**DIRECTIONS FOR THIS TASK:**
Print exactly those lines that run from the beginning of the data to the line bearing "pub(crate) const COUNTED: &str", inclusive.

**SUPPLIED ENTRIES:**
▽
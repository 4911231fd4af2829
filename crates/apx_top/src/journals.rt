//! Journals that are audited: what is told of each, and the status.
use super::*;
use crate::calls::plain;
use apx_device::{Keeper, MemoryFolder, MemoryKeeper, MemoryOut, MemorySpools, MemoryVault};
use std::alloc::Global;
use std::process::Abort;
use std::test::Fail;

/// Counts the words of in.txt in two partitions, a line to a window.
pub(crate) const COUNTED: &str =
    r#"{"operators":[{"name":"read","class":"lines","properties":{"file":"in.txt","perWindow":1}},{"name":"split","class":"words"},{"name":"tally","class":"count","attributes":{"PARTITIONS":2}},{"name":"out","class":"store"}],"streams":[{"name":"s1","source":{"operatorName":"read","portName":"output"},"sinks":[{"operatorName":"split","portName":"input"}]},{"name":"s2","source":{"operatorName":"split","portName":"output"},"sinks":[{"operatorName":"tally","portName":"input"}]},{"name":"s3","source":{"operatorName":"tally","portName":"output"},"sinks":[{"operatorName":"out","portName":"input"}]}]}"#;

/// A run over six lines, with a checkpoint each second window, and a third partition of `tally` from window 5 on.
const SPLIT: &str =
    "0 start 0 0 1\n0 finish 0 0 1\n0 start 1 0 1\n0 finish 1 0 1\n0 start 2 0 1\n0 finish 2 0 1\n0 start 2 1 1\n0 finish 2 1 1\n0 start 3 0 1\n0 write 1\n0 finish 3 0 1\n0 start 0 0 2\n0 finish 0 0 2\n0 start 1 0 2\n0 finish 1 0 2\n0 start 2 0 2\n0 finish 2 0 2\n0 start 2 1 2\n0 finish 2 1 2\n0 start 3 0 2\n0 write 2\n0 finish 3 0 2\n0 save 0 0 2\n0 save 1 0 2\n0 save 2 0 2\n0 save 2 1 2\n0 save 3 0 2\n0 advance 3 0 2\n0 advance 2 0 2\n0 advance 2 1 2\n0 advance 1 0 2\n0 advance 0 0 2\n0 commit 2\n0 start 0 0 3\n0 finish 0 0 3\n0 start 1 0 3\n0 finish 1 0 3\n0 start 2 0 3\n0 finish 2 0 3\n0 start 2 1 3\n0 finish 2 1 3\n0 start 3 0 3\n0 write 3\n0 finish 3 0 3\n0 start 0 0 4\n0 finish 0 0 4\n0 start 1 0 4\n0 finish 1 0 4\n0 start 2 0 4\n0 finish 2 0 4\n0 start 2 1 4\n0 finish 2 1 4\n0 start 3 0 4\n0 write 4\n0 finish 3 0 4\n0 save 0 0 4\n0 save 1 0 4\n0 save 2 0 4\n0 save 2 1 4\n0 save 3 0 4\n0 advance 3 0 4\n0 advance 2 0 4\n0 advance 2 1 4\n0 advance 1 0 4\n0 advance 0 0 4\n0 commit 4\n0 repartition 0\n0 start 0 0 5\n0 finish 0 0 5\n0 start 1 0 5\n0 finish 1 0 5\n0 start 2 0 5\n0 finish 2 0 5\n0 start 2 1 5\n0 finish 2 1 5\n0 start 2 2 5\n0 finish 2 2 5\n0 start 3 0 5\n0 write 5\n0 finish 3 0 5\n0 start 0 0 6\n0 finish 0 0 6\n0 start 1 0 6\n0 finish 1 0 6\n0 start 2 0 6\n0 finish 2 0 6\n0 start 2 1 6\n0 finish 2 1 6\n0 start 2 2 6\n0 finish 2 2 6\n0 start 3 0 6\n0 write 6\n0 finish 3 0 6\n0 save 0 0 6\n0 save 1 0 6\n0 save 2 0 6\n0 save 2 1 6\n0 save 2 2 6\n0 save 3 0 6\n0 advance 3 0 6\n0 advance 2 0 6\n0 advance 2 1 6\n0 advance 2 2 6\n0 advance 1 0 6\n0 advance 0 0 6\n0 commit 6\n0 end\n";

/// Expects this of the audit of a journal, with the words `audit app.json` and others, over an input and a script: the
/// status, and what both outputs have got. Nothing is stored.
fn expect_audit(
    rt: &impl Abort,
    alloc: Global,
    given: &[&str],
    files: &[(&str, &str)],
    status: u8,
    told: (&str, &str),
) -> Result<(), Fail> {
    let mut folder = MemoryFolder::new(alloc);
    folder.add(alloc, "app.json", COUNTED.as_bytes().to_vec(alloc)?)?;
    for (name, text) in files {
        folder.add(alloc, name, text.as_bytes().to_vec(alloc)?)?;
    }
    let mut words = Vec::new(alloc);
    words.push(String::from_str(alloc, "audit")?)?;
    words.push(String::from_str(alloc, "app.json")?)?;
    for word in given {
        words.push(String::from_str(alloc, word)?)?;
    }
    let devices = Devices {
        keeper: MemoryKeeper::new(alloc),
        vault: MemoryVault::new(alloc),
        spools: MemorySpools::new(alloc),
    };
    let (mut out, mut err) = (MemoryOut::new(alloc), MemoryOut::new(alloc));
    let Ended {
        status: found,
        end: _,
        devices,
        journal: _,
        shown: _,
        spool: _,
    } = plain(alloc, &words, &mut folder, devices, &mut out, &mut err);
    let Devices {
        keeper,
        vault: _,
        spools: _,
    } = devices;
    assert_eq!(rt; std::str::from_utf8(out.written())?, told.0);
    assert_eq!(rt; std::str::from_utf8(err.written())?, told.1);
    assert_eq!(rt; found, status);
    assert_eq!(rt; keeper.last(), 0);
    Ok(())
}

#[test]
fn a_journal_is_legal_or_its_first_refused_line_is_told(rt: HostRuntime) -> Result<(), Fail> {
    for (input, journal, status, out, err) in [
        ("", "0 end\n", 0, "legal 1 ended\n", ""),
        ("a b\na\nc a\n", "", 0, "legal 0 open\n", ""),
        ("a b\na\nc a\n", "0 start 0 0 1\n", 0, "legal 1 open\n", ""),
        (
            "a\n",
            "0 start 0 0 1\n0 fault 13\n",
            0,
            "legal 2 fault\n",
            "",
        ),
        (
            "a b\na\nc a\n",
            "0 write 1\n",
            16,
            "",
            "apex: journal line 1 refused: J2\n",
        ),
        (
            "a b\na\nc a\n",
            "0 start 00 0 1\n",
            16,
            "",
            "apex: journal line 1 refused: J1\n",
        ),
        (
            "a\n",
            "7 start 0 0 1\n8 finish 0 0 1\n",
            16,
            "",
            "apex: journal line 2 refused: J2\n",
        ),
    ] {
        let files = [("in.txt", input), ("journal", journal)];
        expect_audit(&rt, rt.alloc(), &["journal"], &files, status, (out, err))?;
    }
    Ok(())
}

#[test]
fn a_repartitioned_run_is_told_as_ended(rt: HostRuntime) -> Result<(), Fail> {
    let files = [
        ("in.txt", "a\nb\nc\na\nb\nc\n"),
        ("script", "repartition 4 3 tally\n"),
        ("journal", SPLIT),
    ];
    let given = ["journal", "--script", "script", "--checkpoint", "2"];
    expect_audit(
        &rt,
        rt.alloc(),
        &given,
        &files,
        0,
        ("legal 107 ended\n", ""),
    )?;
    let refused = ("", "apex: journal line 67 refused: J2\n");
    expect_audit(
        &rt,
        rt.alloc(),
        &["journal", "--checkpoint", "2"],
        &files,
        16,
        refused,
    )
}

#[test]
fn a_journal_is_read_last(rt: HostRuntime) -> Result<(), Fail> {
    let given = ["journal", "--script", "script"];
    for (input, script, status, err) in [
        (
            "",
            "kill done 1 0 tally\n",
            7,
            "apex: script line 1 refused: S4\n",
        ),
        ("a\n", "kill done 1 0 tally\n", 3, "apex: no file journal\n"),
    ] {
        let files = [("in.txt", input), ("script", script)];
        expect_audit(&rt, rt.alloc(), &given, &files, status, ("", err))?;
    }
    Ok(())
}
△
**OUTPUT:**
repository 4911231fd4af2829
filename crates/apx_top/src/journals.rt
//! Journals that are audited: what is told of each, and the status.
use super::*;
use crate::calls::plain;
use apx_device::{Keeper, MemoryFolder, MemoryKeeper, MemoryOut, MemorySpools, MemoryVault};
use std::alloc::Global;
use std::process::Abort;
use std::test::Fail;

/// Counts the words of in.txt in two partitions, a line to a window.
pub(crate) const COUNTED: &str =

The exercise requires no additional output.